A wonderful panel: Linus Torvalds, Andrew Morton, Mitch Kapor, and Brian Behlendorf, moderated by Stuart Cohen. It was billed as "An Open Conversation with Linus and Other OSS Notables".
One can never cover these things properly. I don't touch type nearly fast enough, and hopefully someone has actually recorded this one. But in the mean time here are some of the more interesting questions, answers, and quotes. My apologies to the participants, if I slipped a word here or there, or incompletely covered the answers.
Things started with a discussion around the perception propagated in the press of "no one in charge" compared to a monolithic central development org.
Brian: "Is Microsoft criticizing us for not having a single point of failure?"
On Software Patents:
Linus: Noted software patents aren't particularly useful and that hopefully the vendors are starting to realize this too.
Mitch: Raised concerns for the number of bad patents and the failure to
effectively weed them out in the review process, rather than letting the courts
figure it out. He used the analogy that we're building to a patent Bhopal and likened the situation to intellectual property Weapons of Mass Destruction. [srw - my naive opinion is he's contrasting two things that aren't directly related, as in "patents bad; OSS good", but the discussion was fast and furious at this point.]
Stuart: Supported the great first steps of IBM and Sun.
Audience Question: What's the vision for OSS 5 years out?
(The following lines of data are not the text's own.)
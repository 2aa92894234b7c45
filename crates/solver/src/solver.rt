//! A solver: many questions over the same given clauses.
ghost use Rattle.std.specs.Prelude.{◌≡◌, ℕ, List, ◌+◌, ◌*◌, ◌<◌, ◌≤◌, length, take, drop, IfOk, OnOk, true};
ghost use Rattle.clause_pool.specs.Clause.{has, AreBelow};
ghost use Rattle.chains.specs.Growth.{given_of};
ghost use Rattle.pb_base.specs.Sets.{has as has_code};
ghost use Rattle.propagate.specs.Trail.{IsTrail, AreLiterals, level};
ghost use Rattle.propagate.specs.Quiet.{IsConsistent};
ghost use Rattle.solver.specs.Answer.{AreHeld, Begins, IsSpent};
ghost use Rattle.solver.specs.Marks.{AreClear};
ghost use Rattle.solver.specs.Search.{IsReady, IsSettled, IsAssumed, IsKept, IsFull, AllNew};
ghost use Rattle.solver.specs.Solver.{IsRight, Onwards};
ghost use Rattle.pb_base.specs.declared.limits.TheConstants.{MOST_BUDGET};

use crate::answer::Answer;
use crate::deriver::Deriver;
use crate::marks::clear;
use crate::order::Order;
use crate::resolution::Resolution;
use crate::run::{Ending, run};
use crate::way::Way;
use clause_pool::{Kernel, Lit, Pool, Ref};
use pb_base::{CodeSet, Memory};
use propagate::Engine;
use std::alloc::Global;
use std::marker::Model;

/// What comes of assuming literals.
#[derive(Clone, Copy)]
pub enum Assumed {
    /// They were assumed already.
    Before,
    /// They are assumed now.
    Now,
    /// The clause at this place is false by some of them.
    False(Ref),
}

/// Answers questions over the given clauses of a kernel, and keeps in it what it learns. Contracts see the kernel,
/// the number of variables, and how many of them, from the first on, are codes.
#[derive(Drop)]
pub struct Solver {
    alloc: Global,
    kernel: Kernel,
    engine: Engine,
    resolution: Resolution,
    way: Way,
    order: Order,
    codes: u32,
}

impl Model for Solver {
    ghost use Rattle.std.specs.Prelude.{◌≤◌};
    ghost use Rattle.solver.specs.Solver.{Solving};
    ghost use Rattle.solver.specs.Search.{IsKept};
    ghost use Rattle.solver.specs.Marks.{AreClear};

    ghost Value = { Solving };

    ghost view = { λ s. record { kernel = s.kernel; vars = s.engine.vars; codes = s.codes } };

    ghost invariant = { λ s. IsKept s.kernel.clauses s.engine s.resolution.marks.items
        × (s.codes ≤ s.engine.vars) × AreClear s.resolution.marks.items };
}

impl Solver {
    /// A solver over the clauses of a kernel, whose variables are below `vars`; the first of them are codes. On want
    /// of memory the kernel is gone. The clauses are attached by the first call that propagates.
    pub fn new(alloc: Global, kernel: Kernel, vars: u32, codes: u32) -> Result<Solver, Memory>
        requires below { AreBelow (2 * vars) kernel.clauses }
        requires codes { codes ≤ vars }
        ensures { IfOk result (λ s. s ≡ record { kernel = kernel; vars = vars; codes = codes }) }
    {
        Ok(Solver {
            alloc,
            kernel,
            engine: Engine::new(alloc, vars)?,
            resolution: Resolution::new(alloc, vars as usize + vars as usize)?,
            way: Way::new(alloc),
            order: Order::new(alloc, codes)?,
            codes,
        })
    }

    /// The kernel, with all that was learnt.
    pub fn kernel(&self) -> &Kernel
        ensures { result.now ≡ self.now.kernel }
    {
        &self.kernel
    }

    /// The number of variables.
    pub fn vars(&self) -> u32
        ensures { result ≡ self.now.vars }
    {
        self.engine.vars()
    }

    /// Gives the kernel back.
    pub fn into_kernel(self) -> Kernel
        ensures { result ≡ self.kernel }
    {
        self.kernel
    }

    /// Hints for the next question: the variables of these literals are decided before others, the last one first, and
    /// this value of each is tried first. No answer becomes wrong by it.
    pub fn prefer(&mut self, hints: &[Lit])
        ensures { self.new ≡ self.old }
    {
        self.order.prefer(hints);
    }

    /// Looks for a set of codes that begins an assignment which satisfies the given clauses with each of these literals
    /// true, and learns up to so many clauses. After want of memory the same question and others may be asked again.
    pub fn solve(&mut self, assumptions: &[Lit], budget: u32) -> Result<Answer, Memory>
        requires below { AreLiterals assumptions.now (2 * self.old.vars) }
        requires consistent { IsConsistent assumptions.now }
        requires some { 0 < budget }
        requires budget { budget ≤ MOST_BUDGET }
        ensures onwards { Onwards self.old self.new }
        ensures answer { IfOk result (IsRight self.new assumptions.now budget) }
    {
        let first = self.kernel.pool().len();
        prepare(
            &self.kernel,
            &mut self.engine,
            &self.resolution,
            &mut self.order,
        )?;
        let searched = run(
            &mut self.kernel,
            &mut self.engine,
            &mut self.resolution,
            &mut self.way,
            &mut self.order,
            assumptions,
            budget,
        );
        let Ok(ending) = searched else {
            clear(&mut self.resolution.marks);
            return Err(Memory);
        };
        match ending {
            Ending::Full => {
                let codes = self.codes;
                let set = found_set(self.alloc, &self.kernel, &self.engine, codes, assumptions)?;
                Ok(Answer::Set(set))
            }
            Ending::Closed(at) => Ok(Answer::Closed(at)),
            Ending::Spent => {
                let vars = self.engine.vars();
                let learnt = learnt_from(
                    self.alloc,
                    &self.kernel,
                    vars,
                    first,
                    assumptions,
                    budget,
                )?;
                Ok(Answer::Spent(learnt))
            }
        }
    }

    /// Assumes these literals, one after the other, each unless it has a value, and propagates each. Where a clause is false on the
    /// way, its place is given, and no more is assumed. Where just these are assumed already, nothing is propagated again.
    pub fn assume(&mut self, lits: &[Lit]) -> Result<Assumed, Memory>
        ensures { self.new ≡ self.old }
    {
        if are_assumed(&self.engine, lits) {
            return Ok(Assumed::Before);
        }
        let found = assume_each(
            &self.kernel,
            &mut self.engine,
            &self.resolution,
            &mut self.order,
            lits,
        )?;
        match found {
            Some(at) => Ok(Assumed::False(at)),
            None => Ok(Assumed::Now),
        }
    }

    /// Assumes a further literal, unless it has a value, and gives the place of the clause that is false then, if one is.
    /// Where the kernel derived something since the last propagation, nothing is assumed.
    #[tactic(auto, using(crate::proofs::LearnLaws::kept_moved))]
    pub fn assume_further(&mut self, lit: Lit) -> Result<Option<Ref>, Memory>
        ensures { self.new ≡ self.old }
    {
        propagate_further(&self.kernel, &mut self.engine, lit)
    }

    /// Lets a deriver derive further clauses. It sees the trail that the last propagation left.
    #[tactic(auto, using(crate::proofs::PoolLaws::kept_grown))]
    pub fn derive_by<D: Deriver>(&mut self, deriver: &mut D) -> Result<(), Memory>
        ensures { Onwards self.old self.new }
    {
        deriver.derive(&mut self.kernel, &self.engine)
    }
}

// Whether each level begins with one of these literals, in their sequence, the last level with the last of them, and the others
// are true.
fn are_assumed(engine: &Engine, lits: &[Lit]) -> bool {
    let mut level: u32 = 0;
    let mut is_last = false;
    for lit in lits {
        let end = engine.end_of(level);
        is_last = level < engine.level() && engine.trail().get(end) == Some(lit);
        if is_last {
            level = level.wrapping_add(1);
        } else if !holds(engine, *lit) {
            return false;
        }
    }
    is_last && level == engine.level()
}

// Whether a literal is one of the engine's and true.
fn holds(engine: &Engine, lit: Lit) -> bool {
    lit.var() < engine.vars() && engine.value(lit) == Some(true)
}

// Assumes these literals alone, each unless it has a value, and propagates each. The clause that is false on the way, if one is.
#[tactic(auto, using(crate::proofs::LearnLaws::kept_moved))]
fn assume_each(
    kernel: &Kernel,
    engine: &mut Engine,
    resolution: &Resolution,
    order: &mut Order,
    lits: &[Lit],
) -> Result<Option<Ref>, Memory>
    requires kept { IsKept kernel.now.clauses engine.old resolution.now.marks.items }
    requires clear { AreClear resolution.now.marks.items }
    ensures kept { IsKept kernel.now.clauses engine.new resolution.now.marks.items }
    ensures vars { engine.new.vars ≡ engine.old.vars }
{
    prepare(kernel, engine, resolution, order)?;
    let found = engine.propagate(kernel.pool())?;
    if found.is_some() {
        return Ok(found);
    }
    for lit in lits {
        let found = propagate_further(kernel, engine, *lit)?;
        if found.is_some() {
            return Ok(found);
        }
    }
    Ok(None)
}

// Assumes a further literal, unless it has a value, and gives the clause that is false then.
fn propagate_further(kernel: &Kernel, engine: &mut Engine, lit: Lit) -> Result<Option<Ref>, Memory>
    requires attached { engine.old.clauses ≡ take (length engine.old.clauses) kernel.now.clauses }
    ensures clauses { engine.new.clauses ≡ engine.old.clauses }
    ensures vars { engine.new.vars ≡ engine.old.vars }
{
    let pool = kernel.pool();
    if engine.clauses() < pool.len() || engine.level() >= engine.vars() {
        return Ok(None);
    }
    if lit.var() >= engine.vars() || engine.value(lit).is_some() {
        return Ok(None);
    }
    engine.assume(lit);
    engine.propagate(pool)
}

// Takes all levels back. Each variable keeps its value to try it again.
fn take_back(engine: &mut Engine, order: &mut Order)
    ensures level { level engine.new ≡ 0 }
    ensures clauses { engine.new.clauses ≡ engine.old.clauses }
    ensures vars { engine.new.vars ≡ engine.old.vars }
{
    let end = engine.end_of(0);
    order.put_back(engine.trail(), end);
    engine.back_to(0);
}

// Takes all levels back, and attaches what is not attached yet.
fn prepare(
    kernel: &Kernel,
    engine: &mut Engine,
    resolution: &Resolution,
    order: &mut Order,
) -> Result<(), Memory>
    requires kept { IsKept kernel.now.clauses engine.old resolution.now.marks.items }
    requires clear { AreClear resolution.now.marks.items }
    ensures kept { IsKept kernel.now.clauses engine.new resolution.now.marks.items }
    ensures vars { engine.new.vars ≡ engine.old.vars }
    ensures level { level engine.new ≡ 0 }
    ensures ready { OnOk result (IsReady kernel.now.clauses engine.new resolution.now.marks.items) }
    ensures settled { OnOk result (IsSettled engine.new) }
    ensures assumed { OnOk result ((assumptions : List ℕ) → IsAssumed assumptions 1 engine.new) }
{
    take_back(engine, order);
    order.begin();
    attach_rest(engine, kernel.pool())?;
    Ok(())
}

// Attaches the clauses of a pool that are not attached yet.
fn attach_rest(engine: &mut Engine, pool: &Pool) -> Result<(), Memory>
    requires level { level engine.old ≡ 0 }
    requires attached { engine.old.clauses ≡ take (length engine.old.clauses) pool.now.clauses }
    requires below { AreBelow (2 * engine.old.vars) pool.now.clauses }
    ensures level { level engine.new ≡ 0 }
    ensures attached { engine.new.clauses ≡ take (length engine.new.clauses) pool.now.clauses }
    ensures vars { engine.new.vars ≡ engine.old.vars }
    ensures all { OnOk result (engine.new.clauses ≡ pool.now.clauses) }
    ensures trail { OnOk result (IsTrail engine.new) }
{
    while engine.clauses() < pool.len() {
        let at = engine.clauses();
        engine.attach(pool, at)?;
    }
    engine.trail();
    Ok(())
}

// Whether a code is true.
fn is_true(engine: &Engine, code: u32) -> bool
    requires { code < engine.now.vars }
    ensures { result ≡ has engine.now.lits (2 * code) }
{
    engine.value(Lit::new(code, true)) == Some(true)
}

// The codes that are true.
fn true_codes(alloc: Global, engine: &Engine, codes: u32) -> Result<CodeSet, Memory>
    requires { codes ≤ engine.now.vars }
    ensures counted { IfOk result (λ x. length x ≡ codes) }
    ensures codes { IfOk result (λ x. (i : ℕ) → i < codes → has_code x i ≡ has engine.now.lits (2 * i)) }
{
    let mut set = CodeSet::none(alloc, codes)?;
    for code in 0..codes {
        if !is_true(engine, code) {
            continue;
        }
        set.with(code);
    }
    Ok(set)
}

// The set that a search ended with.
fn found_set(
    alloc: Global,
    kernel: &Kernel,
    engine: &Engine,
    codes: u32,
    assumptions: &[Lit],
) -> Result<CodeSet, Memory>
    requires codes { codes ≤ engine.now.vars }
    requires attached { engine.now.clauses ≡ kernel.now.clauses }
    requires below { AreBelow (2 * engine.now.vars) kernel.now.clauses }
    requires full { IsFull engine.now }
    requires held { AreHeld assumptions.now engine.now.lits }
    ensures { IfOk result (Begins (given_of kernel.now) assumptions.now codes) }
{
    engine.trail();
    let set = true_codes(alloc, engine, codes)?;
    Ok(set)
}

// The clauses of a pool from one place on, as a pool of their own.
fn clauses_from(alloc: Global, pool: &Pool, first: Ref) -> Result<Pool, Memory>
    requires { first ≤ length pool.now.clauses }
    ensures { IfOk result (λ learnt. learnt.clauses ≡ drop first pool.now.clauses) }
{
    let mut learnt = Pool::new(alloc);
    for at in first..pool.len() {
        learnt.add(pool.lits(at))?;
    }
    Ok(learnt)
}

// The clauses that a search learnt, which are those from one place on.
fn learnt_from(
    alloc: Global,
    kernel: &Kernel,
    vars: u32,
    first: Ref,
    assumptions: &[Lit],
    budget: u32,
) -> Result<Pool, Memory>
    requires below { AreBelow (2 * vars) kernel.now.clauses }
    requires given { kernel.now.given ≤ first }
    requires count { length kernel.now.clauses ≡ first + budget }
    requires fresh { AllNew assumptions.now first kernel.now.clauses }
    ensures { IfOk result (λ learnt. IsSpent vars (given_of kernel.now) assumptions.now budget
        learnt.clauses) }
{
    let pool = kernel.pool();
    let learnt = clauses_from(alloc, pool, first)?;
    Ok(learnt)
}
Linus: "I am the anti-visionary. Visions are dangerous." He was concerned with looking beyond
the ground in front of you. "It's a lot more important to know where I am
today rather than dream about where I might be in the future.
"
Mitch: OSS is an irresistible force. Immovable objects will be encountered and the outcome can't be predicted. Beyond
the software space: he looks forward to what's next in the world for collaborative development processes. He used the Wikipedia example (while acknowledging it as a controversial one) "We are at the
beginning, not the end.
"
Brian: His is a vision of open networks of collaboration. He observed that it's easiest to see the collaboration play out in software and
network standards, and likened OSS development versus traditional closed development to market economies versus planned economies.
Audience Question: Can the participants comment on the relation of open source and open standards?
Brian: They are two sides of the same coin. Support for the LSB and IETF are
fundamentally important.
He also observed that an OSS de facto technology is better than a proprietary de
facto technology because of the available access.
Linus: He raised concerns that open standards are often imperfectly formed (when developed too
early) and if there are only proprietary implementations, there may not be the
incentive to "fix" such a poor standard.
Audience Question: When corporations participate in community, do they work on things that advantage their companies? How does it
all work?
Linus: It has allowed companies to further their own agenda. It is
driving Linux in real ways. You have to have motivation. It doesn't
come from the project internally but comes from the external needs and
improvements. The problem is you have to have the infrastructure to
manage the resources that show up. He believes the management infrastructure has evolved well over the 15
years as Linux has evolved. There have been surprisingly few
politics. "The bad engineers don't matter and the good engineers don't
play politics." He doesn't ever remember seeing a company "position"
their code.
Andrew: "We just subvert them." They become more loyal to the code
than their employer. He observed that it is essentially the "customer" sending in the code and that the things
they need they write.
Brian: You have to assume that everyone brings their own agenda. The
hobbyist can take the biggest risk in development without the fear of being fired. If you're a community leader, you
need to foster a diversity of motivations and employers and biases.
You can generally see malevolent contributions coming.
Audience Question: What advice would the panel have on an OSS career path for a new developer.
Linus: "It's not a career path. It's a learning experience."
Its the motivation question. You need to have a motivation to the
project. The question isn't "What would you like me to do?" It is "What do you want to do?"
Mitch: Observed there is a quality of work environment in an OSS "job" in its peer interaction and expected quality of the work itself.
Brian: Tackled the question as more of the traits of an OSS developer. To be successful you must
decisive. You must communicate clearly. There's not much room for
prima donnas. You need to be able to defend your decisions appropriately.
He believes traditional closed software companies have a higher tolerance for the "bad" traits displayed by developers, i.e. the lack of
communications skills etc.
Closing remarks (what does the OSS world "need"?):
Mitch: "From 35,000 feet, if it's not broken, don't fix it."
Brian: Finding ways to turn users into developers would be great. Be willing to run some
experiments and take some risk. Recognize the freedom of choice that
comes with participation and use. Find an open source developer and learn
about the process. Make it personal. Re-humanize the process of software development.
Andrew: Raised concerns that the process of adoption of open source is inefficient. Companies are continually having to re-invent answers to questions of "how do we evaluate open source, how do we join
the community, how do we understand the legal
implications?" The educational process needs to be solved.
Linus: Co-operation is the motivation. It is sometimes more fun to compete and great software happens in that mix. It
is great to say we want to co-operate on the desktop,
but "let's not co-operate too much. Let's leave some room for our
differences."
An awesome panel. My apologies again for not quite covering it.